We’re dealing with a complex, multifaceted issue involving many people and institutions with their own agendas and are trying to regulate it with a complex, multifaceted institution with many people and institutions with their own agendas. Toss in a large dollop of corruption in both pots, and we have a recipe for disaster. Unfortunately, as with the overarching economy, we need real change, fast, because we’ve kicked the can down the road for too long. But change of this magnitude, implemented incorrectly, may sink us faster. Are we doomed? Maybe. But a good start would be to examine all the pieces, as I’ve done when I began this journey over two years ago, and set realistic goals.

Yes, Dr. Berwick, we will be rationing care. We always have, poorly. Now we have to do it rationally.


November 2, 2009

When I witness waste in the system, almost daily, and then listen to things like Speaker Nancy Pelosi’s speech on the proposed health care reform bill a week ago, it becomes a herculean effort to avoid succumbing to the dual demons of cynicism and resignation. Her words were like those radio commercials for one of the myriad “miracle cures” I hear every Sunday. “Guaranteed to work.” “No side effects.” Please. 

This week I got to provide a little exercise for a prisoner sent for stress testing for chest pain he’s had for years that was textbook-classic for acid reflux (“I don’t think it’s my heart, doc”) but who is at risk for coronary artery disease because he’s HIV-positive. The test, as anticipated, was negative. It seems the heightened scrutiny the penal system docs have been given over the past year is having its desired effect—contributing to the state’s bankruptcy. 

Meanwhile, over in the private sector a patient of mine who had been doing well and relocated to Bakersfield for a year had an evaluation by his new doctor 6 years post his bypass surgery. The physician was “concerned” that there had been no recent stress testing, so he obliged, irradiating him first for a “technically difficult” heart scan that showed a possible problem and then with an angiogram that showed the blood flow to his heart was intact. The patient still felt well. 

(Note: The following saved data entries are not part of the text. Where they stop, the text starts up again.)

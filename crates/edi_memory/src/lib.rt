//! A system in memory, for tests and for programs that keep no files.
#![tactic(auto)]

mod faults;
mod memory;
mod slots;
mod state;
mod steps;
mod stored;
mod titles;

pub use memory::MemoryCalls;
pub use stored::StoredFile;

Another patient went to an emergency room in Riverside after forgetting to take his pills with him and developing chest pain related to medication withdrawal. He was appropriately evaluated and observed for threatened heart attack. He also was irradiated with a CT scan of his chest to exclude pulmonary embolism, or clot to the lungs. There’s a blood test called a D-dimer that is used to screen for clotting abnormalities seen in the presence of pulmonary embolism. I often joke it was developed by a radiologist because it has very good negative predictive value, meaning if it’s normal, you can rule out clots with a high degree of certainty. However, if it’s elevated, and minor elevations aren’t uncommon in patients visiting the ER, most of them will be false positives (meaning a lot of normal CT scans). This patient of mine had a normal D-dimer, but it didn’t save him from a chest CT. Ka-ching! 

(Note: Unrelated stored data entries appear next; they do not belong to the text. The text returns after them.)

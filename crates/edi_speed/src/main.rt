//! How fast the kernel runs: `time edi_speed sums` runs 180 million instructions of sums (20 million turns), `calls` 20 million
//! calls with their returns in a loop (60 million turns), `matrix` 100 million instructions of products of matrices (3 million
//! turns), `copies` 40 million copies of ten words (20 million turns), `pair` two processes that hand values on to one another
//! (20 million turns), and `processes` 50 million instructions of 31 processes, each of which gives way at a `when`
//! (20 million turns). `chosen-pair` and `chosen-processes` are the last two with choices of a seed. Without a word it runs each
//! for a short time. `bench/run` shows the times beside those of a plain interpreter in C.
#![tactic(auto)]

use edi_kernel::{Ending, Kernel};
use edi_memory::MemoryCalls;
use edi_target::Code;
use edi_trace::Choices;
use std::alloc::{AllocError, Global};
use std::env;
use std::process::ExitCode;

/// `while true do x := x + 1 - 1 end`: nine instructions and one turn at a time.
const SUMS: [u16; 27] = [
    33, 20, 0, 0, 2, 0, 4, 0, 5, 4, 0, 5, 7, 1, 1, 1, 9, 1, 1, 1, 10, 1, 8, 1, 32, 0, 6,
];

/// `while true do p end`, where p has no statements: a turn at each entry, each return and each end of the loop.
const CALLS: [u16; 23] = [
    33, 20, 0, 0, 2, 0, 34, 0, 0, 14, 1, 32, 0, 6, 33, 5, 0, 0, 0, 0, 37, 0, 0,
];

/// The products of two matrices of ten times ten integers, again and again: 34 instructions and one turn for each product of two
/// elements.
const MATRIX: [u16; 215] = [
    33, 330, 0, 0, 304, 0, 4, 0, 5, 1, 1, 8, 1, 4, 0, 5, 7, 1, 1, 10, 19, 29, 0, 212, 4, 0, 6, 1,
    1, 8, 1, 4, 0, 6, 7, 1, 1, 10, 19, 29, 0, 195, 4, 0, 8, 1, 0, 8, 1, 4, 0, 7, 1, 1, 8, 1, 4, 0,
    7, 7, 1, 1, 10, 19, 29, 0, 148, 4, 0, 8, 4, 0, 8, 7, 1, 4, 0, 9, 4, 0, 5, 7, 1, 6, 1, 10, 10,
    2, 4, 0, 7, 7, 1, 6, 1, 10, 1, 2, 7, 1, 4, 0, 109, 4, 0, 7, 7, 1, 6, 1, 10, 10, 2, 4, 0, 6, 7,
    1, 6, 1, 10, 1, 2, 7, 1, 11, 2, 9, 2, 8, 1, 4, 0, 7, 4, 0, 7, 7, 1, 1, 1, 9, 2, 8, 1, 32, 0,
    56, 4, 0, 209, 4, 0, 5, 7, 1, 6, 1, 10, 10, 2, 4, 0, 6, 7, 1, 6, 1, 10, 1, 2, 4, 0, 8, 7, 1, 8,
    1, 4, 0, 6, 4, 0, 6, 7, 1, 1, 1, 9, 2, 8, 1, 32, 0, 31, 4, 0, 5, 4, 0, 5, 7, 1, 1, 1, 9, 2, 8,
    1, 32, 0, 13, 32, 0, 6,
];

/// `while true do a := b; b := a end`, of arrays of ten words: nine instructions and one turn at a time.
const COPIES: [u16; 29] = [
    33, 60, 0, 0, 20, 0, 4, 0, 5, 4, 0, 15, 7, 10, 8, 10, 4, 0, 15, 4, 0, 5, 7, 10, 8, 10, 32, 0, 6,
];

/// Two branches that share a variable: one puts a value there when it is empty, and the other takes it from there when it is full.
const PAIR: [u16; 90] = [
    33, 20, 0, 0, 3, 0, 42, 2, 1, 12, 0, 18, 12, 0, 53, 37, 0, 0, 39, 1, 4, 1, 5, 7, 1, 15, 29, 0,
    47, 4, 1, 6, 1, 7, 8, 1, 4, 1, 5, 1, 1, 8, 1, 41, 28, 0, 50, 44, 0, 20, 32, 0, 18, 39, 1, 4, 1,
    5, 7, 1, 29, 0, 84, 4, 1, 7, 4, 1, 6, 7, 1, 8, 1, 4, 1, 5, 1, 0, 8, 1, 41, 28, 0, 87, 44, 0,
    55, 32, 0, 53,
];

/// 31 branches, each `while true do when true do skip end end`: five instructions and two turns at a time, and another process
/// after each of them.
fn processes(alloc: Global) -> Result<Vec<u16>, AllocError> {
    let mut words = Vec::from_slice(alloc, &[33, 5, 0, 0, 0, 0, 42, 31, 2])?;
    for _branch in 0..31 {
        words.extend_from_slice(&[9, 0, 105])?;
    }
    words.extend_from_slice(&[
        37, 0, 0, 39, 1, 1, 1, 29, 0, 116, 41, 32, 0, 105, 40, 0, 107, 43,
    ])?;
    Ok(words)
}

/// Whether a code runs until so many turns are used up, with choices of a seed or without any.
fn runs_on(alloc: Global, words: Vec<u16>, turns: u64, seed: Option<u16>) -> Option<bool> {
    if words.len() > 1000 {
        return None;
    }
    let code = Code::check(alloc, words, 0, &[]).ok()?;
    let mut calls = MemoryCalls::new(alloc, b"", 0).ok()?;
    let mut choices = match seed {
        Some(seed) => Choices::seeded(alloc, seed).ok()?,
        None => Choices::list(alloc, &[]).ok()?,
    };
    let mut kernel = Kernel::new(alloc).ok()?;
    let ending = kernel.run(&code, &mut calls, turns, &mut choices);
    Some(ending == Ending::Turns)
}

/// The words of the code with this name; none where it has no code.
fn words_of(alloc: Global, name: &str) -> Option<Vec<u16>> {
    match name {
        "sums" => SUMS.to_vec(alloc).ok(),
        "calls" => CALLS.to_vec(alloc).ok(),
        "matrix" => MATRIX.to_vec(alloc).ok(),
        "copies" => COPIES.to_vec(alloc).ok(),
        "pair" | "chosen-pair" => PAIR.to_vec(alloc).ok(),
        "processes" | "chosen-processes" => processes(alloc).ok(),
        _ => None,
    }
}

/// The seed of the choices for the code with this name.
fn seed_of(name: &str) -> Option<u16> {
    match name {
        "chosen-pair" | "chosen-processes" => Some(1),
        _ => None,
    }
}

/// The turns for the code with this name.
fn turns_of(name: &str) -> u64 {
    match name {
        "calls" => 60_000_000,
        "matrix" => 3_000_000,
        _ => 20_000_000,
    }
}

/// Runs the code that this word names, or each for a short time.
fn measure(alloc: Global, word: Option<&str>) -> Option<bool> {
    if let Some(name) = word {
        return runs_on(alloc, words_of(alloc, name)?, turns_of(name), seed_of(name));
    }
    let mut all = true;
    for name in [
        "sums",
        "calls",
        "matrix",
        "copies",
        "pair",
        "processes",
        "chosen-pair",
        "chosen-processes",
    ] {
        all &= runs_on(alloc, words_of(alloc, name)?, 100_000, seed_of(name))?;
    }
    Some(all)
}

fn main(rt: HostRuntime) -> ExitCode {
    let alloc = rt.alloc();
    let Ok(words) = env::args(&rt) else {
        return ExitCode::from(2);
    };
    let Ok(words) = words.skip(1).collect::<Vec<String>>(alloc) else {
        return ExitCode::from(2);
    };
    let word = match words.first() {
        Some(word) => Some(word.as_str()),
        None => None,
    };
    match measure(alloc, word) {
        Some(true) => ExitCode::from(0),
        Some(false) => ExitCode::from(1),
        None => ExitCode::from(2),
    }
}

The government is a blunt instrument when dealing with high costs driven in part by waste and in part by, well, the high cost of treating the elderly and infirm. It slashes reimbursement across the board, wounding the thoughtful, cost-effective provider and the knee-jerk or greedy diagnostician alike. 

We need a more surgical approach. Even if Nancy promises a month of free health care if I call within the next ten minutes.